Bibles 11 August 2004

I just watched this VCD in cell group last Saturday, entitled “the Cross, Jesus in China”. It showcases the development of Christianity in China over the past decades, and how it has managed to blossom eventually despite almost being quelled by communism and cultural revolutions.

I have always had the head knowledge about China being a hard ground, but when you hear the testimonies of preachers being locked away in prison for a good twenty years, the heart is shaken. It gives you some impression of what Apostle Paul must have gone through in the last phase of his life journey on earth.

Yet what moved me the most is the way the Chinese believers treasured the bible in the past decades, where they had no easy access to it.
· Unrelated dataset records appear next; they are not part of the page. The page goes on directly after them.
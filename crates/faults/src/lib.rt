// The faults that the calls of this library answer with. Each has its refusal number.
#![tactic(auto)]

ghost use Rattle.std.specs.Prelude.{◌≡◌};
ghost use Rattle.faults.specs.Numbers.{collect_number, view_cause, at_row, column_number, column_refusal};

// Why a collection is refused.
#[derive(Clone, Copy, PartialEq, Eq, Debug)]
pub enum CollectFault {
    // The length is above one that the comparator tells.
    Length,
    // The output is shorter than the results need.
    Output,
}

impl CollectFault {
    pub fn number(self) -> u8
        ensures { result ≡ collect_number self }
    {
        match self {
            CollectFault::Length => 8,
            CollectFault::Output => 9,
        }
    }
}

// Why a view is malformed. The causes stand in the order in which they are looked for.
#[derive(Clone, Copy, PartialEq, Eq, Debug)]
pub enum ViewFault {
    // A byte behind a short value is not zero.
    Padding,
    // There is no buffer of that index.
    Index,
    // The value ends past its buffer.
    End,
    // The first four bytes are not those of the value.
    Prefix,
}

impl ViewFault {
    // The number of the cause, from 1 on.
    pub fn cause(self) -> u8
        ensures { result ≡ view_cause self }
    {
        match self {
            ViewFault::Padding => 1,
            ViewFault::Index => 2,
            ViewFault::End => 3,
            ViewFault::Prefix => 4,
        }
    }
}

// Why a column is refused.
#[derive(Clone, Copy, PartialEq, Eq, Debug)]
pub enum ColumnFault {
    // A part of the data ends past the data, or past the greatest place.
    Range,
    // More rows than a column may have.
    Rows,
    // There is no such kind of element.
    Kind,
    // The view of this valid row is malformed.
    View { row: usize, fault: ViewFault },
}

// A view's fault goes up whole, with the row of the view.
impl From<(usize, ViewFault)> for ColumnFault {
    ghost from_gives = { λ x r. r ≡ at_row x.0 x.1 };

    fn from(at: (usize, ViewFault)) -> ColumnFault {
        let (row, fault) = at;
        ColumnFault::View { row, fault }
    }
}

// A refusal as it is told: its number, and the row and the cause where it carries them.
#[derive(Clone, Copy, PartialEq, Eq, Debug)]
pub struct Refusal {
    pub number: u8,
    pub row: Option<usize>,
    pub cause: Option<u8>,
}

impl ColumnFault {
    pub fn refusal(self) -> Refusal
        ensures { result ≡ column_refusal self }
    {
        let (number, row, cause) = match self {
            ColumnFault::Range => (1, None, None),
            ColumnFault::Rows => (2, None, None),
            ColumnFault::Kind => (3, None, None),
            ColumnFault::View { row, fault } => (7, Some(row), Some(fault.cause())),
        };
        Refusal { number, row, cause }
    }

    pub fn number(self) -> u8
        ensures { result ≡ column_number self }
    {
        self.refusal().number
    }
}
The interviewees talked about how there was only one worn-out bible shared by the whole village, and how the owners would not part with the bible even when offered money or goods which are worth the equivalent price of a car. It also mentions how flocks of 3 or 4 villagers would go to the owner of that one bible in a village, about 3 times a week, and copy down verses, to slowly assemble their own handwritten bibles. Such was the hunger for the Word.
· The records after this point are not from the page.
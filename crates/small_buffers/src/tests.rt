// docs/RULES.md 12.6: what the layer tests of itself, of any value: counts, cells and sums of sizes are whatever they are.
ghost use Rattle.std.specs.Prelude.{◌≡◌, ◌&&◌, not, map, ◌+◌, ◌≤◌, ltb, leb, eqb};
ghost use Rattle.lists.specs.Tests.{every, distinct};
ghost use Rattle.lists.specs.Walks.{sum};
ghost use Rattle.tables.specs.Values.{live_of};
ghost use Rattle.manager_rules.specs.Values.{SMALLS, small_of};
ghost use Rattle.manager_rules.specs.WellFormed.{own_sound, own_kept};
ghost use Rattle.small_buffers.specs.Promises.{TakenOff};

use manager_rules::{Manager, SmallBuffer};
use tables::LiveBuffer;

// None of these buffers is at this pointer.
fn is_free(pointer: u64, small: &[SmallBuffer]) -> bool
    ensures { result ≡ every (λ b. not (eqb pointer b.pointer)) small.now }
{
    small.iter().all(|b| pointer != b.pointer)
}

// No pointer is 0, and none is held twice.
fn pointers_good(small: &[SmallBuffer]) -> bool
    ensures { result ≡ (every (λ b. not (eqb b.pointer 0)) small.now && distinct (map (λ b. b.pointer) small.now)) }
{
    for (at, b) in small.iter().enumerate() {
        if b.pointer == 0 || !is_free(b.pointer, &small[at + 1..]) {
            return false;
        }
    }
    true
}

// Each has at least a byte, and fewer than a page.
fn sizes_small(small: &[SmallBuffer], page: u64) -> bool
    ensures { result ≡ every (λ b. leb 1 b.size && ltb b.size page) small.now }
{
    small.iter().all(|b| 1 <= b.size && b.size < page)
}

// What is left of a number of bytes without all of these buffers. Their sizes are taken off one by one: the sum could be beyond the largest number.
fn left_of(bytes: u64, small: &[SmallBuffer], live: &[LiveBuffer]) -> Option<u64>
    ensures { TakenOff bytes (sum (λ b. b.size) small.now + sum (λ b. b.size) live.now) result }
{
    let sizes = small.iter().map(|b| b.size);
    let mut all = sizes.chain(live.iter().map(|b| b.size));
    all.try_fold(bytes, |left, size| left.checked_sub(size))
}

// What is counted is what is held. The count of live buffers may be beyond their cells here.
fn is_current_held(m: &Manager) -> bool
    requires { m.now.small.count ≤ SMALLS }
    ensures { result ≡ eqb m.now.current (sum (λ b. b.size) (small_of m.now.small) + sum (λ b. b.size) (live_of m.now.pool.live)) }
{
    let cells = &m.pool.live.cells[..];
    let live = &cells[..m.pool.live.count.min(cells.len())];
    left_of(m.current, m.small.entries(), live) == Some(0)
}

fn own_sound(m: &Manager) -> bool
    requires { m.now.small.count ≤ SMALLS }
    ensures { result ≡ own_sound m.now }
{
    let small = m.small.entries();
    pointers_good(small)
        && sizes_small(small, m.pool.page)
        && is_current_held(m)
        && m.current <= m.highest
}

// Of a stopped layer only the count is tested.
pub fn own_kept(m: &Manager) -> bool
    ensures { result ≡ own_kept m.now }
{
    m.small.count <= Manager::SMALLS && (m.pool.state == Manager::STOPPED || own_sound(m))
}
The show also mentioned how bibles were preserved through the book-burning during the cultural revolution, some even through the sacrifices of lives. It talked about how the ink in some of the bibles was smeared through the tears shed when believers laid hold of the book, and how they would kiss it, knowing the blood and tears that had gone into it.

I stand ashamed. My bible is old and worn, largely from usage, but partly also from lack of care. But what is worse is how my use of the bible has deteriorated over the years. When I was a new Christian, in the army, my bible was like a bedtime storybook – I would always read it in the hour before I go to sleep. As the years went by, it became like a novel to me – a book I would read on occasion, but fleetingly through. And in recent years, it became like a reference book – something to flip open on occasion only to refer to certain verses. What a dramatic contrast to the believers I see in the VCD! Must it take persecution like that before I will learn to treasure God's Word so devotedly?

“Do not let this Book of the Law depart from your mouth, meditate on it day and night, so that you may be careful to do everything written in it. Then you will be prosperous and successful.”

Joshua 1: 8

If I can't even achieve the first part of meditating on it regularly, how can I attempt to do everything written in it?

Help me Lord to have the hunger for Your Word and discipline to meditate on it day and night!

Further Reflections

  1. Have I been reading the bible regularly and meditated on the contents?
  2. Have I attempted to follow what the bible talks about in my life?